Даже не оборачиваясь на Новикова, я почувствовал, как того корежит от Меншикова, словно черта от ладана. Но разборки аристократов меня мало волновали, а вот нездоровое внимание к своей персоне у сынули главы Свободной фракции вызывало закономерные вопросы.
— Вы меня заинтриговали, — честно ответил я.
— Встретимся позднее, — сказал Иван, явно не испытывавший особого желания находиться в присутствии Меншикова.
Я кивнул Новикову, и мы с княжичем отправились на «приватную» беседу. Беседовать княжич предложил мне в одной из кофеен на территории университета. Примечательна эта кофейня была ценами и, соответственно, публикой. Только благородные, точнее, богатые благородные, могли позволить себе там вкушать кофий.
— Кофе за мой счет, — барским жестом заявил княжич, когда к нам подошла хорошенькая официантка.
— Благодарю, — чуть улыбнулся я, — но я могу себе позволить кофе.
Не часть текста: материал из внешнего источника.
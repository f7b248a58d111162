//! The values of expressions that call nothing (6.5).

ghost use Rattle.std.specs.Prelude.{◌≡◌, ◌&&◌, ◌<◌, ◌≤◌, IfSome, Option, true};
ghost use Rattle.ctypes.specs.declared.types.IntType.{IntType};
ghost use Rattle.ctypes.specs.Types.{truth, of_truth, converted};
ghost use Rattle.typing_spec.specs.Program as typed;
ghost use Rattle.typed_ast.specs.View.{moment_of, place_of, storage_of, value_of};
ghost use Rattle.csem.specs.Machine.{Goes, choose, read, subscripted, then_do, tick, write};
ghost use Rattle.csem.specs.Store.{whole};
ghost use Rattle.csem.specs.Expressions as meaning;
ghost use Rattle.interp_store.specs.View.{reference_of};
ghost use Rattle.interp_store.specs.layer.Agrees.{combined, number, stepped};
ghost use Rattle.interp_eval.specs.layer.Comes.{Does, Spends, StaysHere, found, valued};
ghost use Rattle.interp_eval.specs.layer.Quick.{quick, quick_place};

use crate::clock::{Clock, Scope, Why};
use crate::objects::{object_stepped, read_at, read_element, read_object, whole_object};
use ctypes::{BinOp, IntType};
use interp_store::Reference;
use interp_store::frames::{Compound, Stepping};
use interp_store::operators::{converted_or_none, is_true, of_truth, operated_at, sign_at};
use interp_store::scene::Scene;
use srcset::Pos;
use tree::PrefixOp;
use typed_ast::{Place, Storage, Value};

/// The place in the source of an element that is read: its name or its `[`.
#[inline(always)]
fn position_of(place: &Place) -> Pos
    ensures { result ≡ meaning.position_of (place_of place.now) }
{
    match place {
        Place::Named(at, _) => *at,
        Place::Element(at, _, _) => *at,
    }
}

/// The reference that an lvalue or an array gives (6.3.2.1, 6.5.1, 6.5.2.1).
#[cycle(evaluate)]
pub fn place(
    scope: &Scope<'_>,
    scene: &mut Scene,
    clock: &mut Clock,
    a: &Place,
) -> Option<Reference>
    requires room { clock.old.spent ≤ scope.now.limit }
    ensures does { Does reference_of scope.now (found (place_of a.now)) clock.old scene.old result clock.new scene.new }
    ensures here { StaysHere (quick_place (place_of a.now)) result clock.new.why }
    ensures spends { Spends clock.old.spent clock.new.spent scope.now.limit }
    ensures takes { IfSome result (λ _. clock.old.spent < clock.new.spent) }
{
    match a {
        Place::Named(at, what) => named(scope, scene, clock, at, *what),
        Place::Element(at, array, index) => element(scope, scene, clock, at, array, index),
    }
}
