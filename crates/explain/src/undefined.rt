//! Interpreting a program, and its undefined behaviour.

use cc::{Cmd, StackSize, perform};
use explain_findings::{
    Certainty, Includes, Noted, Place, Sources, Topic, Undefined, act_help, nth_on_line, place_at,
    room_for_line, show_place, wants_memory,
};
use explain_places::{Tokens, laid_out};
use io_ports::MemPort;
use srcset::FileSet;
use std::alloc::{AllocError, Global};
use std::{io, str};

/// The result of interpreting a program.
#[derive(Drop)]
pub struct Interpretation {
    /// The exit status of `interp`.
    pub status: u8,
    /// The output of the program.
    pub output: Vec<u8>,
    /// The line that `interp` prints on standard error.
    pub line: Vec<u8>,
    /// The undefined behaviour, where it ended with one.
    pub undefined: Option<Undefined>,
}

/// How a program is interpreted.
#[derive(Clone, Copy)]
pub struct Run<'a> {
    /// The bytes that it reads.
    pub input: &'a [u8],
    /// The maximum number of ticks.
    pub max: u64,
    pub stack: StackSize,
}

/// How a run of the interpreter ended.
#[derive(Drop)]
struct RunEnd {
    status: u8,
    output: Vec<u8>,
    line: Vec<u8>,
}

/// The place of undefined behaviour.
#[derive(Drop)]
struct Site {
    file: String,
    line: u32,
    act: u32,
}

/// Interprets the program in the file `main` of the set, and finds the token of undefined behaviour:
/// its line is laid out anew, a token a line, and the program interpreted again.
pub fn interpreted(
    alloc: Global,
    set: &FileSet,
    names: &[&str],
    main: &str,
    run: &Run<'_>,
) -> Result<Interpretation, AllocError> {
    let end = end_of(alloc, set, main, run)?;
    let undefined = match site_in(alloc, end.line.as_slice())? {
        Some(site) => {
            let sources = Sources::of(alloc, set, names)?;
            Some(explain_act(alloc, set, &sources, main, run, site)?)
        }
        None => None,
    };
    Ok(Interpretation {
        status: end.status,
        output: end.output,
        line: end.line,
        undefined,
    })
}

fn end_of(alloc: Global, set: &FileSet, main: &str, run: &Run<'_>) -> Result<RunEnd, AllocError> {
    let mut port = MemPort::new(alloc, Vec::from_slice(alloc, run.input)?);
    let mut line = room_for_line(alloc)?;
    let status = perform(
        alloc,
        Cmd::Interp(run.max),
        set,
        main,
        b"",
        &mut port,
        &mut io::sink(),
        &mut line,
        run.stack,
    );
    Ok(RunEnd {
        status,
        output: Vec::from_slice(alloc, port.output())?,
        line,
    })
}

/// The place in a line `FILE:LINE: undefined UN`.
fn site_in(alloc: Global, line: &[u8]) -> Result<Option<Site>, AllocError> {
    let Ok(text) = str::from_utf8(line) else {
        return Ok(None);
    };
    let Some((place, act)) = text.trim_end().rsplit_once(": undefined U") else {
        return Ok(None);
    };
    let Some((file, line)) = place.rsplit_once(':') else {
        return Ok(None);
    };
    match (line.parse::<u32>(), act.parse::<u32>()) {
        (Ok(line), Ok(act)) => Ok(Some(Site {
            file: String::from_str(alloc, file)?,
            line,
            act,
        })),
        _ => Ok(None),
    }
}

fn explain_act(
    alloc: Global,
    set: &FileSet,
    sources: &Sources,
    main: &str,
    run: &Run<'_>,
    site: Site,
) -> Result<Undefined, AllocError> {
    let place = place_of_act(alloc, sources, main, run, &site)?;
    let mut noted = Noted::new(alloc);
    if let Some(file) = sources.number(site.file.as_str()) {
        let includes = Includes::of(alloc, sources, sources.number(main).unwrap_or(0))?;
        includes.put_notes(alloc, sources, file, &mut noted.notes)?;
    }
    noted.put_text(alloc, Topic::Hint, act_help(site.act))?;
    let shown = show_place(alloc, set, site.file.as_str(), site.line, place, noted)?;
    Ok(Undefined {
        file: site.file,
        line: site.line,
        act: site.act,
        certainty: Certainty::Met,
        shown,
    })
}

/// The place of undefined behaviour, by a run over the file laid out anew.
fn place_of_act(
    alloc: Global,
    sources: &Sources,
    main: &str,
    run: &Run<'_>,
    at: &Site,
) -> Result<Option<Place>, AllocError> {
    let Some(file) = sources.number(at.file.as_str()) else {
        return Ok(None);
    };
    let text = sources.text(file);
    let Some(tokens) = Tokens::of(alloc, text)? else {
        return Ok(None);
    };
    let again = laid_out(alloc, text, &tokens.spots, at.line)?;
    let Some(set) = sources.set_with(alloc, file, &again)? else {
        return Ok(None);
    };
    let end = end_of(alloc, &set, main, run)?;
    if wants_memory(end.line.as_slice()) {
        return Err(AllocError);
    }
    let Some(found) = site_in(alloc, end.line.as_slice())? else {
        return Ok(None);
    };
    if found.act != at.act || found.file.as_str() != at.file.as_str() || found.line < at.line {
        return Ok(None);
    }
    match nth_on_line(&tokens.spots, at.line, found.line - at.line) {
        Some(spot) => Ok(Some(place_at(file, text, spot))),
        None => Ok(None),
    }
}
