//! Wrappers of calls, with the clauses that state when a fault, or that the ticks are used up, may be returned.

ghost use Rattle.std.specs.Prelude.{◌≡◌, ℕ, List, Some, IfErr};
ghost use Rattle.tree.specs.View.{unit_of};
ghost use Rattle.parser.specs.Units.{IsFaultOfUnit};
ghost use Rattle.typing_spec.specs.Units as typed;
ghost use Rattle.typing.specs.Told.{IsFaultOfVerdict};
ghost use Rattle.typed_ast.specs.View.{program_of};
ghost use Rattle.cabs.specs.Interpreting.{RunMeets};

use cabs::{Interpreted, interpret};
use io_ports::Port;
use lexer::Token;
use parser::parse;
use srcset::{Fault, Names, Pos};
use std::alloc::Global;
use tree::Unit;
use typed_ast::Program;
use typing::check;

/// The syntax tree of tokens. A fault is one that the tokens have.
pub fn parsed(alloc: Global, tokens: &[Token], names: &Names) -> Result<Unit, Fault>
    ensures { IfErr result (λ fault. IsFaultOfUnit fault names.now tokens.now) }
{
    parse(alloc, tokens, names)
}

/// The typed program of a tree, for a stack of 1,048,576 bytes. A fault is of a constraint that is broken.
pub fn checked(alloc: Global, unit: Unit, names: &Names, whole: Pos) -> Result<Program, Fault>
    ensures { IfErr result (λ fault. IsFaultOfVerdict fault names.now (typed.unit_typed 1048576 names.now whole (unit_of unit))) }
{
    check(alloc, unit, names, whole, 1_048_576)
}

/// The outcome of a program. It ends so where it does by the definition.
pub fn interpreted<P: Port>(
    alloc: Global,
    program: &Program,
    port: &mut P,
    ticks: u64,
) -> Interpreted
    ensures { (input : List ℕ) → (P.seen port.old).input ≡ Some input →
        RunMeets (program_of program.now) input ticks result.run result.greatest (P.seen port.old) (P.seen port.new) }
{
    interpret(alloc, program, port, ticks)
}
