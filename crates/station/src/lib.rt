// The frame station: it builds frames as chips, reads windows back and keeps a tally.
#![tactic(auto)]

pub mod driver;
pub mod order;
pub mod station;
pub mod tally;

pub use driver::drive;
pub use order::{Answer, Order};
pub use station::Station;
pub use tally::Row;
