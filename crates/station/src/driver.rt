// Driving a station: a list of calls, one after the other.
ghost use Rattle.std.specs.Prelude.{◌≡◌, List, map, length, Some, None, ◌==◌};
ghost use Rattle.station.specs.Runs.{Call, Runs};
ghost use Rattle.station.specs.Orders.{Obeyed, Drives, answer_of};

use crate::order::{Answer, Order};
use crate::station::Station;
use mending::Mender;

fn obey<M: Mender>(
    station: &mut Station<M>,
    order: Order,
    mac: &mut [u8],
    body: &mut [u8],
    chips: &mut [u8],
) -> Answer
    ensures { Obeyed M.Mender.rule station.old order (record { mac = mac.entry.now; body = body.old; chips = chips.old }) result (record { mac = mac.exit.now; body = body.new; chips = chips.new }) station.new }
{
    match order {
        Order::Build(mode, aggregation) => Answer::Built(station.build(
            mode,
            aggregation,
            mac,
            body,
            chips,
        )),
        Order::Read(n) => Answer::Read(station.read(n, chips, body, mac)),
        Order::Delivered(number) => Answer::Delivered(station.delivered(number)),
        Order::Refused(number) => Answer::Refused(station.refused(number)),
    }
}

// Makes the calls on the common buffers, writes each answer into the log, and answers how many calls there were.
// None, with nothing done, if the log has not just as many places as there are orders.
pub fn drive<M: Mender>(
    station: &mut Station<M>,
    orders: &[Order],
    mac: &mut [u8],
    body: &mut [u8],
    chips: &mut [u8],
    log: &mut [Answer],
) -> Option<usize>
    ensures driven { Drives M.Mender.rule (length log.old == length orders.now) station.old orders.now (record { mac = mac.entry.now; body = body.old; chips = chips.old }) log.old result (record { mac = mac.exit.now; body = body.new; chips = chips.new }) log.new station.new }
    ensures run { result ≡ Some (length orders.now) → ((calls : List Call) × Runs M.Mender.rule station.old calls station.new × (map answer_of calls ≡ log.new)) }
{
    if log.len() != orders.len() {
        return None;
    }
    // Written by index, since a proof knows nothing of what is written through a zipped `iter_mut`.
    for (i, order) in orders.iter().enumerate() {
        log[i] = obey(station, *order, mac, body, chips);
    }
    Some(orders.len())
}
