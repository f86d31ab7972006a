// The station's state. Its calls stand in `calls`, since their promises cite definitions that name the struct.
ghost use Rattle.std.specs.Prelude.{◌<◌};

use crate::tally::Tally;

pub mod calls;

#[derive(Drop)]
pub struct Station<M> {
    // The seed of the next frame; only an accepted build moves it.
    seed: u8,
    tally: Tally,
    mender: M,
    ghost ok: { seed < 16 },
}
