// The tally: what was delivered in each mode, and what each refusal turned down.
ghost use Rattle.std.specs.Prelude.{◌≡◌, ◌-◌, cond, None, nat_le, slice_get};
ghost use Rattle.faults.specs.Faults.{fault_refusal};
ghost use Rattle.station.specs.Tallies.{delivered, refused, mode_count, refusal_count};

use faults::Fault;
use format::Mode;

// What was delivered in one mode: how many windows, and how many octets were mended in them.
#[derive(Clone, Copy, Default, PartialEq, Eq, Debug)]
pub struct Row {
    pub windows: u32,
    pub octets: u32,
}

// One row for each mode, and a count for each refusal 1 to 19. A count that would pass its type's end stops there.
#[derive(Clone, Copy, Default)]
pub struct Tally {
    rows: [Row; 7],
    refusals: [u32; 19],
}

// The entry of a number; the first is number 1.
fn numbered<T: Copy>(entries: &[T], number: u8) -> Option<T>
    ensures { result ≡ cond (nat_le 1 number) (slice_get entries.now (number - 1)) None }
{
    let place = number.checked_sub(1)?;
    entries.get(place as usize).copied()
}

impl Tally {
    // One window more was delivered in a mode, with some octets mended.
    pub(crate) fn deliver(&mut self, mode: Mode, octets: usize)
        ensures { self.new ≡ delivered self.old mode octets }
    {
        let row = &mut self.rows[mode.number() as usize - 1];
        row.windows = row.windows.saturating_add(1);
        let more = u32::try_from(octets).unwrap_or(u32::MAX);
        row.octets = row.octets.saturating_add(more);
    }

    // One build or read more was turned down.
    pub(crate) fn refuse(&mut self, fault: Fault)
        ensures { self.new ≡ refused self.old (fault_refusal fault).number }
    {
        let number = fault.refusal().number;
        let count = &mut self.refusals[number as usize - 1];
        *count = count.saturating_add(1);
    }

    // How many windows were delivered in a mode, and how many octets were mended in them; none for another number than 1 to 7.
    pub(crate) fn mode(&self, number: u8) -> Option<Row>
        ensures { result ≡ mode_count self.now number }
    {
        numbered(&self.rows, number)
    }

    // How many builds and reads a refusal turned down; none for another number than 1 to 19.
    pub(crate) fn refusal(&self, number: u8) -> Option<u32>
        ensures { result ≡ refusal_count self.now number }
    {
        numbered(&self.refusals, number)
    }
}
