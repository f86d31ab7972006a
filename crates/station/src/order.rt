// Calls to be made on a station, and what they answered.
use crate::tally::Row;
use faults::{Built, Delivery, Fault};

// A call on common buffers: a build writes the body to the chips, and a read takes the chips as its window.
#[derive(Clone, Copy, PartialEq, Eq, Debug)]
pub enum Order {
    // The mode's number, and whether the frame is aggregated.
    Build(u8, bool),
    // The channels.
    Read(u8),
    // The question about a mode, and about a refusal.
    Delivered(u8),
    Refused(u8),
}

// What a call answered.
#[derive(Clone, Copy, PartialEq, Eq, Debug)]
pub enum Answer {
    // No call was made yet: what a log is filled with before its calls.
    Nothing,
    Built(Result<Built, Fault>),
    Read(Result<Delivery, Fault>),
    Delivered(Option<Row>),
    Refused(Option<u32>),
}
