//! What an end that is apart from its interface puts out of a call or an answer behind its first
//! piece. What its parts undergo is acts/in_pieces.rt.
ghost use Rattle.std.specs.Prelude.{◌≡◌, Some, None, Err, IsOk};
ghost use Rattle.giop_table.specs.CallTable.{entry_at};
ghost use Rattle.giop_end.specs.declared.session_fault.SessionFault.TheVariants.{NoMemory};
ghost use Rattle.giop_end.specs.Acts.InPieces.{PutsNext};
ghost use Rattle.giop_end.specs.Ends.Detached.{IsActedOn};

use crate::acts::in_pieces::{SendsPieces, send};
use crate::end::Detached;
use crate::session_fault::SessionFault;

impl<R: SendsPieces> Detached<R> {
    /// Puts out the next piece of the message of an id, as `End::send`.
    pub fn send(&mut self, id: u32) -> Result<(), SessionFault>
        ensures failed { (why : _) → self.old.fault ≡ Some why
            → (result ≡ Err why) × (self.new ≡ self.old) }
        ensures last { result ≡ Err NoMemory → self.old.fault ≡ None
            → IsOk (R.next self.old.calls.rule (entry_at self.old.calls id) R.sends).outcome }
        ensures sent { self.old.fault ≡ None → PutsNext R.Side R.sends id self.old.calls
            self.old.outgoing result self.new.calls self.new.outgoing }
        ensures others { IsActedOn self.old self.new }
    {
        if let Some(fault) = self.fault {
            return Err(fault);
        }
        send(&mut self.calls, &mut self.outgoing, id)
    }
}
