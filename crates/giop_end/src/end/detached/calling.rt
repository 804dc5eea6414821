//! What a client's end that is apart from its interface does for its own program. What its parts
//! undergo is acts/calling.rt.
ghost use Rattle.std.specs.Prelude.{◌≡◌, Some, None, Err};
ghost use Rattle.giop_end.specs.declared.session_fault.SessionFault.TheVariants.{NoMemory};
ghost use Rattle.giop_end.specs.Acts.ClientCalls.{cancel_fault, open_version, PutsCall, PutsCancel, PutsLocate};
ghost use Rattle.giop_table.specs.CallTable.{entry_at};
ghost use Rattle.giop_end.specs.Acts.Form.{IsForm};
ghost use Rattle.giop_end.specs.Ends.Detached.{IsActedOn};

use crate::acts::calling::{call, locate};
use crate::acts::cancelling::cancel;
use crate::acts::form::Form;
use crate::end::Detached;
use crate::session_fault::SessionFault;
use giop_calls::ClientRule;
use giop_cdr::Order;
use giop_msg::{LocateRequest, Request};
use giop_types::Interface;

impl Detached<ClientRule> {
    /// Calls, as `End::call` of the end over this interface.
    pub fn call(
        &mut self,
        interface: &Interface,
        request: Request,
        form: Form,
    ) -> Result<(), SessionFault>
        requires { IsForm form }
        ensures failed { (why : _) → self.old.fault ≡ Some why
            → (result ≡ Err why) × (self.new ≡ self.old) }
        ensures called { self.old.fault ≡ None → PutsCall interface.now self.old.limits request form
            self.old.calls self.old.outgoing result self.new.calls self.new.outgoing }
        ensures others { IsActedOn self.old self.new }
    {
        if let Some(fault) = self.fault {
            return Err(fault);
        }
        call(
            self.alloc,
            interface,
            self.limits,
            &mut self.calls,
            &mut self.outgoing,
            request,
            form,
        )
    }

    /// Asks where an object is, as `End::locate`.
    pub fn locate(&mut self, request: LocateRequest, form: Form) -> Result<(), SessionFault>
        requires { IsForm form }
        ensures failed { (why : _) → self.old.fault ≡ Some why
            → (result ≡ Err why) × (self.new ≡ self.old) }
        ensures located { self.old.fault ≡ None → PutsLocate self.old.limits request form
            self.old.calls self.old.outgoing result self.new.calls self.new.outgoing }
        ensures others { IsActedOn self.old self.new }
    {
        if let Some(fault) = self.fault {
            return Err(fault);
        }
        locate(
            self.alloc,
            self.limits,
            &mut self.calls,
            &mut self.outgoing,
            request,
            form,
        )
    }

    /// Cancels a call, as `End::cancel`.
    pub fn cancel(&mut self, id: u32, order: Order) -> Result<(), SessionFault>
        ensures failed { (why : _) → self.old.fault ≡ Some why
            → (result ≡ Err why) × (self.new ≡ self.old) }
        ensures last { result ≡ Err NoMemory → self.old.fault ≡ None
            → cancel_fault (open_version (entry_at self.old.calls id)) ≡ None }
        ensures cancelled { self.old.fault ≡ None → PutsCancel id order self.old.calls
            self.old.outgoing result self.new.calls self.new.outgoing }
        ensures others { IsActedOn self.old self.new }
    {
        if let Some(fault) = self.fault {
            return Err(fault);
        }
        cancel(self.alloc, &mut self.calls, &mut self.outgoing, id, order)
    }
}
Кофе по-турецки, милая девушка.
Милая девушка, привыкшая ко всяким флиртам, к моим словам оказалась равнодушна, а вот Меншиков явно такого ответа не ожидал и потому немного подсдулся, но быстро взял себя в руки.
Едва нам принесли кофе: мне черный, а княжичу — лавандовый раф на каком-то там молоке из сена, Меншиков заговорил:
— Думаю, стоит начать с того, что между нами возникло легкое недопонимание.
Я отхлебнул кофе, старательно прищербнув, сделал «ах-х-х», как учил отец в прошлой жизни, чтобы мы вдвоем могли доводить мать до белого каления, и заметил:
— Мы с вами знакомы четверть часа, а уже возникло недопонимание?
Княжич держал лицо профессионально, но еще парочка таких глотков, и глазик у парня точно задергается.
— Не между нами лично, но между нашим славным обществом и вами, — произнес Меншиков мягко, точно лиса подкрадывалась, — Долгоруков имеет характер вспыльчивый, но отходчивый, и уже раскаялся в своей несдержанности.
— Не сомневаюсь, — усмехнулся я.
— Я понимаю, что волей случая у вас возникла некоторая связь… может быть, даже симпатия с бояричем э-э-э… Новиковым?